For filesystem rights, your primary group ID should be set to your primary lab group, and request from us a secondary group membership in Active Directory. If you wish to switch to the other group for work (for example, when creating files in smith_lab shared storage, you would want to make sure your group is set to smith_lab, not jones_lab), use the newgrp 2NDGROUPNAME command.

In SLURM, ensure that your primary group membership is set for the appropriate lab, and request from us a secondary group affiliation in SLURM. When submitting SLURM jobs, all resource usage will be charged to your primary SLURM group. If you wish to submit jobs for the other group, using the --account=2NDGROUPNAME on the sbatch or srun command.


How do I submit a batch job to the FASRC cluster queue with SLURM?

Step 1: Login to cluster through your Terminal window. Please see the Access and Login page for login instructions.

Step 2: Run a batch job by typing: sbatch RUNSCRIPT. Replace RUNSCRIPT with the batch script (a text file) you will use to run your code.

The batch script should contain #SBATCH comments that tell SLURM how to run the job.


#SBATCH -n 1 #Number of cores
#SBATCH -t 5 #Runtime in minutes
#SBATCH -p serial_requeue #Partition to submit to
#SBATCH --mem-per-cpu=100 #Memory per cpu in MB (see also --mem)
#SBATCH -o hostname.out #File to which standard out will be written
#SBATCH -e hostname.err #File to which standard err will be written
#SBATCH --mail-type=END #Type of email notification- BEGIN,END,FAIL,ALL
#SBATCH --mail-user=ajk@123.com #Email to which notifications will be sent


See the batch submission section of the Running Jobs page for detailed instructions and sample batch submission scripts.
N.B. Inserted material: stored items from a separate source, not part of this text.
// Checker, page 83h: that of a capture, beside the page of the block with the ports that it tells itself. The rules stand in specs/Ports.
#![tactic(auto)]

ghost use Rattle.std.specs.Prelude.{◌≡◌, Bool, List, ◌+◌, ◌≤◌, length, drop};
ghost use Rattle.identify.specs.Block.{serial, model, name};
ghost use Rattle.identify.specs.Names.{carries_name};
ghost use Rattle.texts.specs.Text.{turned, spaced};
ghost use Rattle.page83_drive.specs.Helpers.{drive_end};
ghost use Rattle.port.specs.Ports.{relative_part, sas_part, ports_part};
ghost use Rattle.page83_drive.specs.Descriptor.{name_descriptor, text_descriptor, drive_descriptor};
ghost use Rattle.page83.specs.Page83.{page83 as Page83·page83};
ghost use Rattle.agreement.specs.Agreed.{agreed};
ghost use Rattle.agreement.specs.Helpers.{beside};
ghost use Rattle.checker_drive.specs.Ports.{chosen_by, port_by, ports_in, address_in, claimed_page};

use agreement::{Held, beside};
use port::Ports;

// Which ports follow a drive's descriptor of a size, by the size of all descriptors.
fn chosen_by(drive: usize, size: usize) -> u16
    requires { drive ≤ 72 }
    ensures { result ≡ chosen_by drive size }
{
    if size == drive + 8 {
        return 1;
    }
    if size == drive + 12 {
        return 2;
    }
    if size == drive + 20 {
        return 3;
    }
    0
}

// The number of a relative target port, by its last byte.
fn port_by(byte: u8) -> u16
    ensures { result ≡ port_by byte }
{
    if byte == 2 {
        return 2;
    }
    1
}

// The ports that a page tells behind the drive's descriptor.
fn ports_in(page: &[u8], end: usize) -> Ports
    requires { (4 ≤ end) × (end ≤ 76) }
    ensures { result ≡ ports_in end page.now }
{
    Ports {
        chosen: chosen_by(end - 4, rules::byte(page, 3) as usize),
        relative: port_by(rules::byte(page, end + 7)),
    }
}

// Where the drive's descriptor ends, by whether it is a name.
fn drive_end(named: bool) -> usize
    ensures { result ≡ drive_end named }
{
    if named {
        return 16;
    }
    76
}

// Up to where the name's descriptor agrees.
fn name_place(bytes: &[u8], block: &[u8]) -> usize
    requires { (4 ≤ length bytes.now) × (length block.now ≡ 512) }
    ensures { result ≡ 4 + agreed (drop 4 bytes.now) (name_descriptor (turned (name block.now))) }
{
    let at = agreement::bytes(bytes, 4, &page83_drive::NAME_HEAD);
    if at < 8 {
        return at;
    }
    agreement::text(bytes, 8, identify::name(block), false)
}

// Up to where that of the texts does.
fn texts_place(bytes: &[u8], block: &[u8]) -> usize
    requires { (4 ≤ length bytes.now) × (length block.now ≡ 512) }
    ensures { result ≡ 4 + agreed (drop 4 bytes.now) (text_descriptor (spaced (turned (model block.now))) (spaced (turned (serial block.now)))) }
{
    let at = agreement::bytes(bytes, 4, &page83_drive::TEXT_HEAD);
    if at < 16 {
        return at;
    }
    let at = agreement::text(bytes, 16, identify::model(block), true);
    if at < 56 {
        return at;
    }
    agreement::text(bytes, 56, identify::serial(block), true)
}

// Up to where the drive's descriptor does.
fn drive_place(bytes: &[u8], block: &[u8], named: bool) -> usize
    requires { (4 ≤ length bytes.now) × ((length block.now ≡ 512) × (carries_name block.now ≡ named)) }
    ensures { result ≡ 4 + agreed (drop 4 bytes.now) (drive_descriptor block.now) }
{
    if named {
        return name_place(bytes, block);
    }
    texts_place(bytes, block)
}

// Up to where the relative target port does, where it is chosen.
fn relative_place(bytes: &[u8], at: usize, ports: Ports) -> usize
    requires { at ≤ length bytes.now }
    ensures { result ≡ at + agreed (drop at bytes.now) (relative_part ports) }
{
    if port::relative_chosen(ports) {
        let high = (ports.relative / 256) as u8;
        let low = (ports.relative % 256) as u8;
        let descriptor = [0x61u8, 0x94u8, 0x00u8, 0x04u8, 0x00u8, 0x00u8, high, low];
        return agreement::bytes(bytes, at, &descriptor);
    }
    at
}

// Up to where the SAS target port does, where it is chosen: its address is the field's own.
fn sas_place(bytes: &[u8], at: usize, ports: Ports) -> usize
    requires { (at ≤ length bytes.now) × (at ≤ 84) }
    ensures { result ≡ at + agreed (drop at bytes.now) (sas_part ports (address_in at bytes.now)) }
{
    if port::sas_chosen(ports) {
        let head = agreement::bytes(bytes, at, &port::SAS_HEAD);
        if head < at + 4 {
            return head;
        }
        return rules::lesser(bytes.len(), at + 12);
    }
    at
}

// The size of the relative target port's descriptor, where it is chosen.
fn relative_size(ports: Ports) -> usize
    ensures { result ≡ length (relative_part ports) }
{
    if port::relative_chosen(ports) {
        return 8;
    }
    0
}

// Up to where both do.
fn ports_place(bytes: &[u8], at: usize, ports: Ports) -> usize
    requires { (at ≤ length bytes.now) × (at ≤ 76) }
    ensures { result ≡ at + agreed (drop at bytes.now) (ports_part ports (address_in (at + length (relative_part ports)) bytes.now)) }
{
    let next = at + relative_size(ports);
    let relative = relative_place(bytes, at, ports);
    if relative < next {
        return relative;
    }
    sas_place(bytes, next, ports)
}

// Up to where the page of a block with ports does.
fn page_place(bytes: &[u8], block: &[u8], named: bool, ports: Ports) -> usize
    requires { (length block.now ≡ 512) × (carries_name block.now ≡ named) }
    ensures { result ≡ agreed bytes.now (Page83·page83 block.now ports (address_in (drive_end named + length (relative_part ports)) bytes.now)) }
{
    let end = drive_end(named);
    let head = [0x00u8, 0x83u8, 0x00u8, (end - 4) as u8 + port::size(ports)];
    let at = agreement::bytes(bytes, 0, &head);
    if at < 4 {
        return at;
    }
    let at = drive_place(bytes, block, named);
    if at < end {
        return at;
    }
    ports_place(bytes, end, ports)
}

// 83h.
pub fn names(bytes: &[u8], block: &[u8]) -> Held
    requires { length block.now ≡ 512 }
    ensures { result ≡ beside bytes.now (claimed_page block.now bytes.now) }
{
    let named = identify::carries_name(block);
    let end = drive_end(named);
    let ports = ports_in(bytes, end);
    let place = page_place(bytes, block, named, ports);
    beside::held(bytes.len(), place, end + port::size(ports) as usize)
}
Note: You must declare how much memory and how many cores you are using for your job. By default SLURM assumes you need 100 MB. The script assumes that it is running in the current directory and will load your .bashrc.


How do I submit an interactive job on the cluster?

Step 1: Log in to the cluster through your Terminal window. Please see here for login instructions.

Step 2: Run an interactive job by typing: srun -p interact --pty MYPROGRAM

This will open up an interactive run for you to use.  If you want a bash prompt, type: srun --mem 500 -p interact --pty bash

If you need X11 forwarding type: srun --mem 500 -p interact --pty --x11=first MYPROGRAM

This will initiate an X11 tunnel to the first node on your list.  –-x11 has additional options of batch, first, last and all.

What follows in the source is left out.